Task statement
Starting at the line that holds "return false;" and stopping at the line that holds "BAD_ROOM → HasPicture", restate the records below word for word, with both of those lines included.

Dataset records
---*---

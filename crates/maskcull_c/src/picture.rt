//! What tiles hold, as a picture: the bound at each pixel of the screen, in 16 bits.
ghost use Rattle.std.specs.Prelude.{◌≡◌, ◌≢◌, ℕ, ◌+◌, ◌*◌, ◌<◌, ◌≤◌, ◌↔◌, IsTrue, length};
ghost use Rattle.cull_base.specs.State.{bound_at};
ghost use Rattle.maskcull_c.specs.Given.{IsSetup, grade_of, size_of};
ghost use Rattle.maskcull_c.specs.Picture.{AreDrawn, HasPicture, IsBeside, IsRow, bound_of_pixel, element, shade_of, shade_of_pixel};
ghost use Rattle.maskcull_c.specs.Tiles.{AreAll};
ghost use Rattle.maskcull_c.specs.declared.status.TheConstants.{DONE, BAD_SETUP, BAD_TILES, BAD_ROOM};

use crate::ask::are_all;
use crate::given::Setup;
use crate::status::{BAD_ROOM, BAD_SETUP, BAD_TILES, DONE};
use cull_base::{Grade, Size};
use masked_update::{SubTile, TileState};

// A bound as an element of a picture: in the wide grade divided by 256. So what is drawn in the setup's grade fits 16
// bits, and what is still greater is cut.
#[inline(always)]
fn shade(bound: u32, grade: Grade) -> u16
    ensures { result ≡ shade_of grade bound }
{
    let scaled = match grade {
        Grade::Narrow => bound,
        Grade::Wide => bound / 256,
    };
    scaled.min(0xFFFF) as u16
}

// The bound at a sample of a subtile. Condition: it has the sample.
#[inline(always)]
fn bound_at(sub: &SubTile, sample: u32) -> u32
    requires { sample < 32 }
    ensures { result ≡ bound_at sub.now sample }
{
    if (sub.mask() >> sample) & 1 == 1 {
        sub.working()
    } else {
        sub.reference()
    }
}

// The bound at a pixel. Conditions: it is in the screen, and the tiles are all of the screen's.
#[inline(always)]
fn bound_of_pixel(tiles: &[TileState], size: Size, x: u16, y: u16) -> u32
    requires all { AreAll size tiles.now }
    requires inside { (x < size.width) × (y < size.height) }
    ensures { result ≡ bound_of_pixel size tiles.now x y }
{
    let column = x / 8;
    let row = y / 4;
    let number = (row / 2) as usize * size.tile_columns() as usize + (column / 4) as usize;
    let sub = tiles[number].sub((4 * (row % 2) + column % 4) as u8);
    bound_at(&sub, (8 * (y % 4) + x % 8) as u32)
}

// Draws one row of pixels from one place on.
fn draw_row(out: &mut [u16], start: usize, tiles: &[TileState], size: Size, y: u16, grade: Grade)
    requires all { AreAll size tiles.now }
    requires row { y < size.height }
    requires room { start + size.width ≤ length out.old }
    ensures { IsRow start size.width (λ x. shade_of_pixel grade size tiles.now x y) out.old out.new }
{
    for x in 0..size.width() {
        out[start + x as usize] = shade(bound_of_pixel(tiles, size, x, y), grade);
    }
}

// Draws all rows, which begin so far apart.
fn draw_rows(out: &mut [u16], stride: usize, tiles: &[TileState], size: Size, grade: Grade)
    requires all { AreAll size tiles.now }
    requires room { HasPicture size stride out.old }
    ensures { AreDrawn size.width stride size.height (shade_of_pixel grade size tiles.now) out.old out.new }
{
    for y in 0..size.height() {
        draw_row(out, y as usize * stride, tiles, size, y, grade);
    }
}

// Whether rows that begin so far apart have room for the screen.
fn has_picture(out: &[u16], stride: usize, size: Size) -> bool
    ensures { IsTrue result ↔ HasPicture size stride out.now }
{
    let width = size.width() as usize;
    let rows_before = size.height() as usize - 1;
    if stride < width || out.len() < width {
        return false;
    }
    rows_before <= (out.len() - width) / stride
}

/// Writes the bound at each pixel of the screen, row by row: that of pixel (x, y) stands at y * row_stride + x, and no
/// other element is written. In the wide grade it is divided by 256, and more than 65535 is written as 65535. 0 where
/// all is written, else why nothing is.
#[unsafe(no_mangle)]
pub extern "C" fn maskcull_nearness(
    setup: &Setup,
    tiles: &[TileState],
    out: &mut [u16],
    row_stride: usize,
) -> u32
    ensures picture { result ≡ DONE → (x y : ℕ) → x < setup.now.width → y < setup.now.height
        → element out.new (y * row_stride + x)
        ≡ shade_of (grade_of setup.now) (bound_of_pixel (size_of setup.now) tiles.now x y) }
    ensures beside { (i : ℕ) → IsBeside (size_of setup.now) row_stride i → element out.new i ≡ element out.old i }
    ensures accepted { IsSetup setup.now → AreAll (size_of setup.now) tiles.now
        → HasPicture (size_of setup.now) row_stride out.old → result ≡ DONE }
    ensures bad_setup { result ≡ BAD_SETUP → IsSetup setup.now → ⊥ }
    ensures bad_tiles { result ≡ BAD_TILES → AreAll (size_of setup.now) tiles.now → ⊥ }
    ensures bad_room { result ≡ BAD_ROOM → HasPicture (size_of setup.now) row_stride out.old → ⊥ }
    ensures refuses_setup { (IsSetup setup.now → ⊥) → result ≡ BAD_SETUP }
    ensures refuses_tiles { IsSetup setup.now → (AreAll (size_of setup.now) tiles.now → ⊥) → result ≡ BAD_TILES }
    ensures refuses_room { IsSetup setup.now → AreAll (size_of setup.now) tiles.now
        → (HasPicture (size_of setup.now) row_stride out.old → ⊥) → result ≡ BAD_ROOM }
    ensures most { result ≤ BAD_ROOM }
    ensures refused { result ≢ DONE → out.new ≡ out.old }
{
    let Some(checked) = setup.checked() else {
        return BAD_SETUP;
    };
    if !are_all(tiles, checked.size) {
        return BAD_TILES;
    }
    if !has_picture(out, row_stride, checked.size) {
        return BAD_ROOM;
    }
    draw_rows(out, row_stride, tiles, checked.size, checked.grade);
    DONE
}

---*---

Reply
        return false;
    }
    rows_before <= (out.len() - width) / stride
}

/// Writes the bound at each pixel of the screen, row by row: that of pixel (x, y) stands at y * row_stride + x, and no
/// other element is written. In the wide grade it is divided by 256, and more than 65535 is written as 65535. 0 where
/// all is written, else why nothing is.
#[unsafe(no_mangle)]
pub extern "C" fn maskcull_nearness(
    setup: &Setup,
    tiles: &[TileState],
    out: &mut [u16],
    row_stride: usize,
) -> u32
    ensures picture { result ≡ DONE → (x y : ℕ) → x < setup.now.width → y < setup.now.height
        → element out.new (y * row_stride + x)
        ≡ shade_of (grade_of setup.now) (bound_of_pixel (size_of setup.now) tiles.now x y) }
    ensures beside { (i : ℕ) → IsBeside (size_of setup.now) row_stride i → element out.new i ≡ element out.old i }
    ensures accepted { IsSetup setup.now → AreAll (size_of setup.now) tiles.now
        → HasPicture (size_of setup.now) row_stride out.old → result ≡ DONE }
    ensures bad_setup { result ≡ BAD_SETUP → IsSetup setup.now → ⊥ }
    ensures bad_tiles { result ≡ BAD_TILES → AreAll (size_of setup.now) tiles.now → ⊥ }
    ensures bad_room { result ≡ BAD_ROOM → HasPicture (size_of setup.now) row_stride out.old → ⊥ }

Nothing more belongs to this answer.